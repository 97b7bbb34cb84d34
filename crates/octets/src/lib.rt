// The bytes of a block: little-endian integers, the sum of the words, zero bytes, and writing in place (document 01, "The block").
#![tactic(auto)]

ghost use Rattle.std.specs.Prelude.{◌≡◌, ◌+◌, ◌*◌, ◌%◌, ◌≤◌, length, replicate};
ghost use Rattle.octets.specs.Bytes.{word, quad, le16, le32, sum_words, part, all_zero, overwrite};

// "Integers are little-endian": 16 and 32 bits at an index.
pub fn word_at(b: &[u8], i: usize) -> u16
    requires { i + 2 ≤ length b.now }
    ensures { result ≡ word b.now i }
{
    u16::from_le_bytes([b[i], b[i + 1]])
}

pub fn quad_at(b: &[u8], i: usize) -> u32
    requires { i + 4 ≤ length b.now }
    ensures { result ≡ quad b.now i }
{
    u32::from_le_bytes([b[i], b[i + 1], b[i + 2], b[i + 3]])
}

// "The 256 words of 16 bits, added with wrap at 65,536".
pub fn check_sum(b: &[u8; 512]) -> u16
    ensures { result ≡ sum_words b.now % 65536 }
{
    let mut sum: u16 = 0;
    for k in 0..256 {
        sum = sum.wrapping_add(word_at(b, 2 * k));
    }
    sum
}

// Whether all bytes from one index up to another are 0, which they are where the first lies above the second: there is no such slice. There is no
// early return, so that the bytes are tested together, many at a time.
pub fn zero_between(b: &[u8], from: usize, to: usize) -> bool
    requires { to ≤ length b.now }
    ensures { result ≡ all_zero (part b.now from to) }
{
    let mut clear = true;
    for i in from..to {
        clear &= b[i] == 0;
    }
    clear
}

// The same written.
pub fn write_word(room: &mut [u8], at: usize, x: u16)
    requires { at + 2 ≤ length room.old }
    ensures { room.new ≡ overwrite at (le16 x) room.old }
{
    room[at..at + 2].copy_from_slice(&x.to_le_bytes());
}

pub fn write_quad(room: &mut [u8], at: usize, x: u32)
    requires { at + 4 ≤ length room.old }
    ensures { room.new ≡ overwrite at (le32 x) room.old }
{
    room[at..at + 4].copy_from_slice(&x.to_le_bytes());
}

pub fn clear(room: &mut [u8])
    ensures { room.new ≡ replicate (length room.old) 0 }
{
    room.fill(0);
}
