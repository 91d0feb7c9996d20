//! Implements `project`.
ghost use Rattle.std.specs.Prelude.{◌≡◌, ◌++◌, codes, map, option_map, string_bytes, unwrap_or, IfOk};
ghost use Rattle.values.specs.Data.{text_in};
ghost use Rattle.option_values.specs.View.{strings_in};
ghost use Rattle.options.specs.View.{outcome_in, resolved_in};
ghost use Rattle.option_values.specs.SettingsView.{options_in};
ghost use Rattle.build.specs.View.{facts_view};
ghost use Rattle.world.specs.Prelude.{Does, MayFail, arguments_data, data_of, world_of};
ghost use Rattle.project_calls.specs.DefaultsView.{strings_of};
ghost use Rattle.project_calls.specs.Project.{begin, only_c, defaults_printed, facts_of, languages_taken, other_language};
ghost use Rattle.project_calls.specs.Project.{project, settled_options, texts_behind, version_of, option_warnings};
ghost use Rattle.project_calls.specs.ProgramsView.{programs_in};

use crate::defaults::{first_unprinted, keys_given, print_all, values_given};
use crate::flags::flags_of;
use crate::option_file::option_file;
use crate::programs::{Programs, ask_programs};
use crate::resolution::resolution;
use crate::shown_options::option_entries;
use arguments::{Arguments, CallStop, Rule};
use build::Facts;
use options::{OptionFault, Options, Resolved};
use ports::{Outputs, Tree};
use std::alloc::{AllocError, Global};
use support::faults::Refusal;
use values::Value;
use world::{Caller, Stop, Store, of_operation};

// Returns the first language that is not C.
fn other_language<'a>(languages: &[&'a str]) -> Option<&'a str>
    ensures { option_map (λ l. l.now) result ≡ other_language (map (λ l. l.now) languages.now) }
{
    for language in languages {
        if *language != "c" {
            return Some(*language);
        }
    }
    None
}

// Refuses a language other than C (E23).
fn refuse_other<T: Tree, O: Outputs>(
    caller: &Caller<'_, T, O>,
    language: Option<&str>,
) -> Result<(), Stop>
    ensures { Does T.seen O.seen (λ u. u) (only_c (option_map (λ l. l.now) language.entry)) caller.now result caller.now }
{
    match language {
        None => Ok(()),
        Some(language) => caller.refuse_for(Refusal::LeftOut, Rule::IsC, language),
    }
}

// Warns the user of names that no option has.
fn warn<T: Tree, O: Outputs>(caller: &mut Caller<'_, T, O>, names: &[String]) -> Result<(), Stop>
    requires { MayFail T.seen O.seen caller.old }
    ensures { Does T.seen O.seen (λ u. u) (option_warnings (strings_in names.now)) caller.old result caller.new }
{
    for name in names {
        let line = warning_of(caller.alloc, name.as_str())?;
        caller.say(line.as_str())?;
    }
    Ok(())
}

// Returns the log line that warns of a name.
fn warning_of(alloc: Global, name: &str) -> Result<String, AllocError>
    ensures { IfOk result (λ line. string_bytes line ≡ (codes "WARNING: unknown option " ++ name.now) ++ codes "\n") }
{
    let mut line = String::from_str(alloc, "WARNING: unknown option ")?;
    line.push_str(name)?;
    line.push_str("\n")?;
    Ok(line)
}

// Returns the options with their values, or stops with the first fault of a value, where `path` is the path of the option file.
fn settle<T: Tree, O: Outputs>(
    caller: &Caller<'_, T, O>,
    path: &str,
    outcome: Result<Options, OptionFault>,
) -> Result<Options, Stop>
    ensures { Does T.seen O.seen options_in (settled_options path.now (outcome_in outcome) caller.now.store.now.line) caller.now result
        caller.now }
{
    match outcome {
        Ok(options) => Ok(options),
        Err(fault) => {
            let line = caller.store.line();
            Err(Stop::Refused(fault.tell_in(caller.alloc, path, line)?))
        }
    }
}

fn version_of(arguments: &Arguments) -> &str
    ensures { result.now ≡ version_of (arguments_data arguments.now) }
{
    match arguments.keyword("version") {
        Some(value) => text_or_undefined(value),
        None => "undefined",
    }
}

fn text_or_undefined(value: &Value) -> &str
    ensures { result.now ≡ unwrap_or (text_in (data_of value.now)) (codes "undefined") }
{
    match value.as_text() {
        Some(text) => text.as_str(),
        None => "undefined",
    }
}

// Returns the facts of the project: from the arguments, the options and the programs.
fn facts_of(
    alloc: Global,
    arguments: &Arguments,
    options: &Options,
    programs: Programs,
    store: &Store,
) -> Result<Facts, AllocError>
    ensures { IfOk result (λ f. facts_view f
        ≡ facts_of (arguments_data arguments.now) (options_in options.now) (programs_in programs) (world_of store.now).facts) }
{
    let Programs { compiler, archiver } = programs;
    let settings = store.settings();
    Ok(Facts {
        name: String::from_str(alloc, arguments.text_at(0))?,
        version: String::from_str(alloc, version_of(arguments))?,
        license: arguments.texts(alloc, "license")?,
        depth: settings.depth(),
        source_root: String::from_str(alloc, settings.source_root())?,
        build_root: String::from_str(alloc, settings.build_root())?,
        compiler,
        archiver,
        flags: flags_of(alloc, options)?,
        options: option_entries(alloc, options)?,
    })
}

// Writes the warnings, requests the programs, sets the options, and begins the project.
fn begin<T: Tree, O: Outputs>(
    caller: &mut Caller<'_, T, O>,
    arguments: &Arguments,
    path: &str,
    resolved: Resolved,
) -> Result<(), Stop>
    requires { MayFail T.seen O.seen caller.old }
    ensures { Does T.seen O.seen (λ u. u) (begin (arguments_data arguments.now) path.now (resolved_in resolved))
        caller.old result caller.new }
{
    let Resolved { unknown, outcome } = resolved;
    warn(caller, &unknown)?;
    let options = settle(caller, path, outcome)?;
    let programs = ask_programs(caller)?;
    let facts = facts_of(caller.alloc, arguments, &options, programs, caller.store)?;
    caller.store.set_options(options);
    caller.begin(facts)
}

// Returns the printed values of a dictionary of defaults, or refuses with the name of the first that cannot be printed.
fn print_defaults<T: Tree, O: Outputs>(
    caller: &Caller<'_, T, O>,
    arguments: &Arguments,
) -> Result<Vec<String>, Stop>
    ensures { Does T.seen O.seen strings_of (defaults_printed (arguments_data arguments.now)) caller.now result caller.now }
{
    let (keys, values) = (keys_given(arguments), values_given(arguments));
    match print_all(caller.alloc, values) {
        Ok(texts) => Ok(texts),
        Err(CallStop::Operation(refusal)) => {
            let name = first_unprinted(caller.alloc, keys, values)?;
            caller.refuse_for(of_operation(refusal), Rule::IsPrinted, name)
        }
        Err(CallStop::Arguments(refused)) => caller.pass(Err(refused)),
        Err(CallStop::Memory) => Err(Stop::Memory),
    }
}

// Refuses a project without a language, and languages other than C.
fn require_c<T: Tree, O: Outputs>(
    caller: &Caller<'_, T, O>,
    arguments: &Arguments,
) -> Result<(), Stop>
    ensures { Does T.seen O.seen (λ u. u) (languages_taken (texts_behind (arguments_data arguments.now))) caller.now result caller.now }
{
    let languages = arguments.texts_behind(caller.alloc, 1)?;
    check_languages(caller, &languages)
}

fn check_languages<T: Tree, O: Outputs>(
    caller: &Caller<'_, T, O>,
    languages: &[&str],
) -> Result<(), Stop>
    ensures { Does T.seen O.seen (λ u. u) (languages_taken (map (λ l. l.now) languages.now)) caller.now result caller.now }
{
    match languages {
        [] => caller.refuse(Refusal::ProjectCall, "'project': names no language"),
        _ => refuse_other(caller, other_language(languages)),
    }
}

/// Runs `project(name, language.., version:, license:, default_options:, meson_version:)`. Refuses a second call with any arguments.
pub fn project<T: Tree, O: Outputs>(
    caller: &mut Caller<'_, T, O>,
    arguments: &Arguments,
) -> Result<Option<Value>, Stop>
    requires { MayFail T.seen O.seen caller.old }
    ensures { Does T.seen O.seen (option_map data_of) (project (arguments_data arguments.now)) caller.old result caller.new }
{
    let is_begun = caller.store.is_begun();
    caller.need(
        !is_begun,
        Refusal::ProjectCall,
        "'project': was called before",
    )?;
    let printed = print_defaults(caller, arguments)?;
    require_c(caller, arguments)?;
    let file = option_file(caller)?;
    let resolved = resolution(caller, arguments, &printed, &file.declared)?;
    begin(caller, arguments, file.path, resolved)?;
    Ok(None)
}
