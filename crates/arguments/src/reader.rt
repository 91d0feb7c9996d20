//! Checks whether the arguments of a call fit its row.
ghost use Rattle.std.specs.Prelude.{◌≡◌, ◌&&◌, ◌||◌, ◌++◌, ◌∷◌, [], IfOk, IsTrue, bytes_eq, false, not};
ghost use Rattle.std.specs.Prelude.{flat_map, map, option_map, string_bytes};
ghost use Rattle.std.specs.List.{list_any};
ghost use Rattle.support.specs.Among.{is_among};
ghost use Rattle.arguments.specs.Refused.{answer_data};
ghost use Rattle.values.specs.Prelude.{data_of};
ghost use Rattle.arguments.specs.Arguments.{arguments_data, named_data};
ghost use Rattle.arguments.specs.MisfitView.{misfit_data};
ghost use Rattle.arguments.specs.Misfits.{at_place, arguments_check, left_out, misfit, keyword_misfit, positional_misfit, missing_keyword};
ghost use Rattle.arguments.specs.Misfits.{of_keyword, too_few, twice, unfit};
ghost use Rattle.arguments.specs.Row.{common_left_out, is_of, keyword_kind, kind_at};
ghost use Rattle.arguments.specs.RowView.{keyword_data, row_data};

use crate::arguments::{Arguments, Named};
use crate::list_pieces::{are_pieces, is_command, is_configuration, is_feature, is_file};
use crate::mismatch::Mismatch;
use crate::readers::value_named;
use crate::refused::ArgumentError;
use crate::row::{ArgumentKind, Keyword, Row};
use std::alloc::{AllocError, Global};
use support::tables::{SipSet, new_set};
use support::text_lists::is_among;
use values::{Value, is_texts};

// Returns whether a value is a text, an integer or a boolean.
fn is_setting(value: &Value) -> bool
    ensures { result ≡ is_of ArgumentKind.Setting (data_of value.now) }
{
    matches!(
        value,
        Value::Boolean(_) | Value::Integer(_) | Value::Text(_)
    )
}

fn is_of(kind: ArgumentKind, value: &Value) -> bool
    ensures { result ≡ is_of kind (data_of value.now) }
{
    match kind {
        ArgumentKind::Any => true,
        ArgumentKind::Boolean => value.as_boolean().is_some(),
        ArgumentKind::Integer => value.as_integer().is_some(),
        ArgumentKind::Text => value.as_text().is_some(),
        ArgumentKind::IntegerOrText => value.as_integer().is_some() || value.as_text().is_some(),
        ArgumentKind::Setting => is_setting(value),
        ArgumentKind::Requirement => value.as_boolean().is_some()
            || value.as_object().is_some_and(is_feature),
        ArgumentKind::Texts => is_texts(value),
        ArgumentKind::Dictionary => value.as_dictionary().is_some(),
        ArgumentKind::TextsOrDictionary => is_texts(value) || value.as_dictionary().is_some(),
        ArgumentKind::ConfigurationData => value.as_object().is_some_and(is_configuration),
        ArgumentKind::Configuration => value.as_object().is_some_and(is_configuration)
            || value.as_dictionary().is_some(),
        ArgumentKind::File => value.as_object().is_some_and(is_file),
        ArgumentKind::Command => value.as_object().is_some_and(is_command),
        ArgumentKind::Flat(piece) => are_pieces(piece, value),
    }
}

// Returns the kind of the positional argument at an index, and `None` if the row takes none there.
fn kind_at(row: &Row, place: usize) -> Option<ArgumentKind>
    ensures { result ≡ kind_at (row_data row.now) place }
{
    match row.positional.get(place) {
        Some(kind) => Some(*kind),
        None => row.others,
    }
}

fn at_place(place: usize, kind: Option<ArgumentKind>, value: &Value) -> Option<Mismatch<'_>>
    ensures { option_map misfit_data result ≡ at_place place kind (data_of value.now) }
{
    match kind {
        None => Some(Mismatch::TooMany(place)),
        Some(kind) if is_of(kind, value) => None,
        Some(kind) => Some(Mismatch::Place(place, kind, value)),
    }
}

// Returns the first positional argument that does not fit the row.
fn find_misplaced<'a>(row: &Row, values: &'a [Value]) -> Option<Mismatch<'a>>
    ensures { option_map misfit_data result ≡ positional_misfit (row_data row.now) 0 (map data_of values.now) }
{
    for (i, value) in values.iter().enumerate() {
        let misfit = at_place(i, kind_at(row, i), value);
        if misfit.is_some() {
            return misfit;
        }
    }
    None
}

fn keyword_kind(name: &str, lists: &[&[Keyword]]) -> Option<ArgumentKind>
    ensures { result ≡ keyword_kind name.now (flat_map (λ ks. map keyword_data ks.now) lists.now) }
{
    for keywords in lists {
        for keyword in *keywords {
            if keyword.name() == name {
                return Some(keyword.kind());
            }
        }
    }
    None
}

fn of_keyword<'a>(
    name: &'a str,
    kind: Option<ArgumentKind>,
    value: &'a Value,
) -> Option<Mismatch<'a>>
    ensures { option_map misfit_data result ≡ of_keyword name.now kind (data_of value.now) }
{
    match kind {
        None => Some(Mismatch::Unknown(name)),
        Some(kind) if is_of(kind, value) => None,
        Some(kind) => Some(Mismatch::Keyword(name, kind, value)),
    }
}

// Returns the first keyword that does not fit the row.
fn find_misnamed<'a>(lists: &[&[Keyword]], named: &'a [Named]) -> Option<Mismatch<'a>>
    ensures { option_map misfit_data result
        ≡ keyword_misfit (flat_map (λ ks. map keyword_data ks.now) lists.now) (map named_data named.now) }
{
    for one in named {
        let name = one.name.as_str();
        let misfit = of_keyword(name, keyword_kind(name, lists), &one.value);
        if misfit.is_some() {
            return misfit;
        }
    }
    None
}

// Returns the first required keyword that is missing.
fn missing<'a>(lists: &[&[Keyword]], named: &[Named]) -> Option<Mismatch<'a>>
    ensures { option_map misfit_data result
        ≡ missing_keyword (flat_map (λ ks. map keyword_data ks.now) lists.now) (map named_data named.now) }
{
    for keywords in lists {
        for keyword in *keywords {
            if keyword.is_needed() && value_named(keyword.name(), named).is_none() {
                return Some(Mismatch::Missing(keyword.name()));
            }
        }
    }
    None
}

// Appends a name, and returns false if it is already among the names.
fn put_new(names: &mut SipSet<String>, name: String) -> Result<bool, AllocError>
    ensures tested { IfOk result (λ new. new ≡ not (list_any (bytes_eq (string_bytes name)) (map string_bytes names.old.keys))) }
    ensures added { IfOk result (λ new. IsTrue new
        → map string_bytes names.new.keys ≡ map string_bytes names.old.keys ++ string_bytes name ∷ []) }
{
    let new = names.insert(name)?;
    Ok(new)
}

// Returns whether a name is already among these, and appends it otherwise.
fn comes_again(alloc: Global, names: &mut SipSet<String>, name: &str) -> Result<bool, AllocError>
    ensures tested { IfOk result (λ again. again ≡ list_any (bytes_eq name.now) (map string_bytes names.old.keys)) }
    ensures added { IfOk result (λ again. again ≡ false
        → map string_bytes names.new.keys ≡ map string_bytes names.old.keys ++ name.now ∷ []) }
{
    let name = String::from_str(alloc, name)?;
    let new = put_new(names, name)?;
    Ok(!new)
}

// Up to this many keywords are compared with each other. If there are more, each is looked up.
const FEW: usize = 8;

fn is_named(name: &str, named: &[Named]) -> bool
    ensures { result ≡ list_any (λ n. bytes_eq name.now n.name) named.now }
{
    named.iter().any(|one| name == one.name.as_str())
}

// Returns the first keyword that occurs twice. Each is compared with those before it.
fn twice_in_few<'a>(named: &'a [Named]) -> Option<Mismatch<'a>>
    ensures { option_map misfit_data result ≡ twice (map named_data named.now) }
{
    for (i, one) in named.iter().enumerate() {
        if is_named(one.name.as_str(), &named[..i]) {
            return Some(Mismatch::Twice(one.name.as_str()));
        }
    }
    None
}

// Returns the first keyword that occurs twice, by a set.
fn twice_in_many<'a>(alloc: Global, named: &'a [Named]) -> Result<Option<Mismatch<'a>>, AllocError>
    ensures { IfOk result (λ found. option_map misfit_data found ≡ twice (map named_data named.now)) }
{
    let mut names = new_set(alloc);
    for one in named {
        if comes_again(alloc, &mut names, one.name.as_str())? {
            return Ok(Some(Mismatch::Twice(one.name.as_str())));
        }
    }
    Ok(None)
}

// Returns the first keyword that occurs twice.
fn twice<'a>(alloc: Global, named: &'a [Named]) -> Result<Option<Mismatch<'a>>, AllocError>
    ensures { IfOk result (λ found. option_map misfit_data found ≡ twice (map named_data named.now)) }
{
    if named.len() <= FEW {
        Ok(twice_in_few(named))
    } else {
        twice_in_many(alloc, named)
    }
}

// Returns whether no call supports a keyword with this name.
fn is_common_left_out(name: &str) -> bool
    ensures { result ≡ is_among common_left_out name.now }
{
    is_among(&["kwargs", "fallback", "deprecated"], name)
}

// Returns the first keyword that is not supported.
fn find_left_out<'a>(names: &[&str], named: &'a [Named]) -> Option<Mismatch<'a>>
    ensures { option_map misfit_data result ≡ left_out (map (λ n. n.now) names.now) (map named_data named.now) }
{
    for one in named {
        let name = one.name.as_str();
        if is_common_left_out(name) || is_among(names, name) {
            return Some(Mismatch::LeftOut(name));
        }
    }
    None
}

fn too_few<'a>(needed: usize, given: usize) -> Option<Mismatch<'a>>
    ensures { option_map misfit_data result ≡ too_few needed given }
{
    if needed <= given {
        None
    } else {
        Some(Mismatch::TooFew(needed, given))
    }
}

// Returns the first misfit apart from repeated keywords.
fn unfit<'a>(row: &Row, arguments: &'a Arguments) -> Option<Mismatch<'a>>
    ensures { option_map misfit_data result ≡ unfit (row_data row.now) (arguments_data arguments.now) }
{
    if let Some(misfit) = find_left_out(row.left_out, &arguments.named) {
        return Some(misfit);
    }
    if let Some(misfit) = too_few(row.needed, arguments.positional.len()) {
        return Some(misfit);
    }
    if let Some(misfit) = find_misplaced(row, &arguments.positional) {
        return Some(misfit);
    }
    if let Some(misfit) = find_misnamed(row.keywords, &arguments.named) {
        return Some(misfit);
    }
    missing(row.keywords, &arguments.named)
}

fn misfit<'a>(
    alloc: Global,
    row: &Row,
    arguments: &'a Arguments,
) -> Result<Option<Mismatch<'a>>, AllocError>
    ensures { IfOk result (λ found. option_map misfit_data found ≡ misfit (row_data row.now) (arguments_data arguments.now)) }
{
    if let Some(misfit) = twice(alloc, &arguments.named)? {
        return Ok(Some(misfit));
    }
    Ok(unfit(row, arguments))
}

/// Checks the arguments by the row of the call, in time linear in their number.
///
/// Refuses a repeated keyword with E11, and otherwise an unsupported one with E23. Otherwise refuses with E9 a wrong count or type, a
/// keyword that the call does not take, or the lack of one that it requires. The detail describes the bad argument.
pub fn check(
    alloc: Global,
    row: &Row,
    arguments: &Arguments,
) -> Result<Result<(), ArgumentError>, AllocError>
    ensures { IfOk result (λ r. answer_data r ≡ arguments_check (row_data row.now) (arguments_data arguments.now)) }
{
    match misfit(alloc, row, arguments)? {
        Some(misfit) => Ok(Err(misfit.refuse(alloc)?)),
        None => Ok(Ok(())),
    }
}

> **Problem**: Please transcribe the records exactly from their first line through the line holding "for i in from..to", and leave out all others.

> **Your response**:
repository 97b7bbb34cb84d34
filename crates/octets/src/lib.rt
// The bytes of a block: little-endian integers, the sum of the words, zero bytes, and writing in place (document 01, "The block").
#![tactic(auto)]

ghost use Rattle.std.specs.Prelude.{◌≡◌, ◌+◌, ◌*◌, ◌%◌, ◌≤◌, length, replicate};
ghost use Rattle.octets.specs.Bytes.{word, quad, le16, le32, sum_words, part, all_zero, overwrite};

// "Integers are little-endian": 16 and 32 bits at an index.
pub fn word_at(b: &[u8], i: usize) -> u16
    requires { i + 2 ≤ length b.now }
    ensures { result ≡ word b.now i }
{
    u16::from_le_bytes([b[i], b[i + 1]])
}

pub fn quad_at(b: &[u8], i: usize) -> u32
    requires { i + 4 ≤ length b.now }
    ensures { result ≡ quad b.now i }
{
    u32::from_le_bytes([b[i], b[i + 1], b[i + 2], b[i + 3]])
}

// "The 256 words of 16 bits, added with wrap at 65,536".
pub fn check_sum(b: &[u8; 512]) -> u16
    ensures { result ≡ sum_words b.now % 65536 }
{
    let mut sum: u16 = 0;
    for k in 0..256 {
        sum = sum.wrapping_add(word_at(b, 2 * k));
    }
    sum
}

// Whether all bytes from one index up to another are 0, which they are where the first lies above the second: there is no such slice. There is no
// early return, so that the bytes are tested together, many at a time.
pub fn zero_between(b: &[u8], from: usize, to: usize) -> bool
    requires { to ≤ length b.now }
    ensures { result ≡ all_zero (part b.now from to) }
{
    let mut clear = true;
    for i in from..to {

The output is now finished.